Content starts

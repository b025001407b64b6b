//! Runs with choices: what is drawn with a seed. The words of the generators were worked apart, by the definition of the
//! generator.

use super::cases::{CALM, Case, check};
use super::texts::{BELOW, DIGIT, ONE, PAIR, THREE, THROWS, WORD};
use std::test::Fail;
use tapc_core::Status;

/// A run to the end of its schedule: its name, the words, the system, the schedule, and the lines.
type Row = (
    &'static str,
    &'static [&'static str],
    &'static [u8],
    &'static [u8],
    &'static [u8],
);

/// All of them.
fn rows() -> [Row; 21] {
    [
        // The words are 3837872008 and 932996374.
        (
            "no seed",
            &["world", "s", "t"],
            DIGIT,
            b"turn a 0\nturn a 1\n",
            b"tick a 0\nact a 0 8\ntick a 1\nact a 0 2\nvar a x 2\nend\n",
        ),
        // The same.
        (
            "a seed of 0",
            &["world", "s", "t", "seed=0"],
            DIGIT,
            b"turn a 0\nturn a 1\n",
            b"tick a 0\nact a 0 8\ntick a 1\nact a 0 2\nvar a x 2\nend\n",
        ),
        // 3795398737 and 17903413.
        (
            "a seed of 1",
            &["world", "s", "t", "seed=1"],
            DIGIT,
            b"turn a 0\nturn a 1\n",
            b"tick a 0\nact a 0 8\ntick a 1\nact a 0 0\nvar a x 0\nend\n",
        ),
        // 0 and 3837872008.
        (
            "the greatest seed",
            &["world", "s", "t", "seed=18446744073709551615"],
            DIGIT,
            b"turn a 0\nturn a 1\n",
            b"tick a 0\nact a 0 0\ntick a 1\nact a 0 8\nvar a x 8\nend\n",
        ),
        // Of 2^32 options each word takes its own.
        (
            "a word itself",
            &["world", "s", "t", "seed=0"],
            WORD,
            b"turn a 0\n",
            b"tick a 0\nact a 0 3837872008\nvar a x 3837872008\nend\n",
        ),
        (
            "a word of the greatest seed",
            &["world", "s", "t", "seed=18446744073709551615"],
            WORD,
            b"turn a 0\n",
            b"tick a 0\nact a 0 0\nvar a x 0\nend\n",
        ),
        // 257813417 takes the first of ten.
        (
            "values below 0",
            &["world", "s", "t", "seed=2"],
            BELOW,
            b"turn a 0\n",
            b"tick a 0\nact a 0 -5\nvar a x -5\nend\n",
        ),
        // Each of three options is taken once: by 257813417, 2057372262 and 3837872008.
        (
            "the first of three",
            &["world", "s", "t", "seed=2"],
            THREE,
            b"turn a 0\n",
            b"tick a 0\nact a 0 0\nvar a x 0\nend\n",
        ),
        (
            "the second of three",
            &["world", "s", "t", "seed=4"],
            THREE,
            b"turn a 0\n",
            b"tick a 0\nact a 0 1\nvar a x 1\nend\n",
        ),
        (
            "the third of three",
            &["world", "s", "t", "seed=0"],
            THREE,
            b"turn a 0\n",
            b"tick a 0\nact a 0 2\nvar a x 2\nend\n",
        ),
        // A choice of one value uses a word, too.
        (
            "two choices of an action, the first of one value",
            &["world", "s", "t", "seed=0"],
            ONE,
            b"turn a 0\n",
            b"tick a 0\nact a 0 3 2\nvar a y 3\nvar a x 2\nend\n",
        ),
        // A branch goes by its number in the text.
        (
            "a selection with two open branches",
            &["world", "s", "t", "seed=0"],
            b"process a var x : 0..9 begin true -> if true -> x := 1 [] true -> x := 2 fi end",
            b"turn a 0\nturn a 1\n",
            b"tick a 0\nact a 0 1\ntick a 1\nact a 0 0\nvar a x 1\nend\n",
        ),
        (
            "a selection whose open branches are its second and third",
            &["world", "s", "t", "seed=0"],
            b"process a var x : 0..9 begin true -> if x = 9 -> x := 1 [] true -> x := 2 [] true -> x := 3 fi end",
            b"turn a 0\nturn a 1\n",
            b"tick a 0\nact a 0 2\ntick a 1\nact a 0 1\nvar a x 2\nend\n",
        ),
        // One open branch uses no word, and neither does none.
        (
            "a selection with one open branch",
            &["world", "s", "t", "seed=0"],
            b"process a var x : 0..9 begin true -> if x = 0 -> x := 1 [] x = 1 -> skip fi; choose x end",
            b"turn a 0\n",
            b"tick a 0\nact a 0 8\nvar a x 8\nend\n",
        ),
        (
            "a selection with no open branch",
            &["world", "s", "t", "seed=0"],
            b"process a var x : 0..9 begin true -> if x = 8 -> x := 1 [] x = 9 -> skip fi; choose x end",
            b"turn a 0\n",
            b"tick a 0\nact a 0 8\nvar a x 8\nend\n",
        ),
        (
            "a loop with one open branch at a time",
            &["world", "s", "t", "seed=0"],
            b"process a var x : 0..9 begin true -> do 3 times x = 0 -> x := 1 [] x = 1 -> x := 0 od end",
            b"turn a 0\n",
            b"tick a 0\nact a 0\nvar a x 1\nend\n",
        ),
        // Each turn of a loop takes a branch.
        (
            "a loop with two open branches",
            &["world", "s", "t", "seed=4"],
            b"process a var x : 0..9; y : 0..9 begin true -> do 3 times true -> x := min(x + 1, 9) [] true -> y := min(y + 1, 9) od end",
            b"turn a 0\n",
            b"tick a 0\nact a 0 0 1 1\nvar a x 1\nvar a y 2\nend\n",
        ),
        // Each process has words of its own, and the order of the turns does not change them.
        (
            "two processes",
            &["world", "s", "t", "seed=0"],
            PAIR,
            b"turn a 0\nturn b 0\nturn a 1\nturn b 1\n",
            b"tick a 0\nact a 0 8\ntick b 0\nact b 0 0\ntick a 1\nact a 0 2\ntick b 1\nact b 0 0\n\
var a x 2\nvar b x 0\nend\n",
        ),
        (
            "two processes in another order",
            &["world", "s", "t", "seed=0"],
            PAIR,
            b"turn b 0\nturn b 1\nturn a 0\nturn b 2\nturn a 1\n",
            b"tick b 0\nact b 0 0\ntick b 1\nact b 0 0\ntick a 0\nact a 0 8\ntick b 2\nact b 0 2\n\
tick a 1\nact a 0 2\nvar a x 2\nvar b x 2\nend\n",
        ),
        // As in the example of draws.
        (
            "throws of the seed 0",
            &["world", "s", "t", "seed=0"],
            THROWS,
            b"turn a 0\nturn a 1\nturn a 2\nturn a 3\narrive a b\narrive a b\narrive a b\n\
arrive a b\nturn b 4\nturn b 5\nturn b 6\nturn b 7\nturn b 8\n",
            b"tick a 0\nact a 0 6\nsent b 06\ntick a 1\nact a 0 2\nsent b 02\ntick a 2\n\
act a 0 3\nsent b 03\ntick a 3\nact a 0 3\nsent b 03\narrive a b\narrive a b\narrive a b\n\
arrive a b\ntick b 4\nact b 0\ntick b 5\nact b 0\ntick b 6\nact b 0 0\ntick b 7\nact b 0 0\n\
tick b 8\nidle b\nvar a die 3\nvar a left 0\nvar b high 3\nvar b low 1\nend\n",
        ),
        (
            "throws of the seed 1",
            &["world", "s", "t", "seed=1"],
            THROWS,
            b"turn a 0\nturn a 1\nturn a 2\nturn a 3\narrive a b\narrive a b\narrive a b\n\
arrive a b\nturn b 4\nturn b 5\nturn b 6\nturn b 7\nturn b 8\n",
            b"tick a 0\nact a 0 6\nsent b 06\ntick a 1\nact a 0 1\nsent b 01\ntick a 2\n\
act a 0 5\nsent b 05\ntick a 3\nact a 0 1\nsent b 01\narrive a b\narrive a b\narrive a b\n\
arrive a b\ntick b 4\nact b 0\ntick b 5\nact b 0\ntick b 6\nact b 0 1\ntick b 7\nact b 0\ntick b 8\n\
idle b\nvar a die 1\nvar a left 0\nvar b high 1\nvar b low 3\nend\n",
        ),
    ]
}

#[test]
fn choices_are_drawn(rt: HostRuntime) -> Result<(), Fail> {
    for (name, words, system, schedule, lines) in rows() {
        let case = Case {
            name,
            words,
            system,
            schedule,
            status: Status::Done,
            lines,
            ..CALM
        };
        check(&rt, rt.alloc(), &case)?;
    }
    Ok(())
}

Content ends

**Problem details**
Scanning the listing, tally the lines with "selection" in them and state the number by itself.

**Solved exercise**
4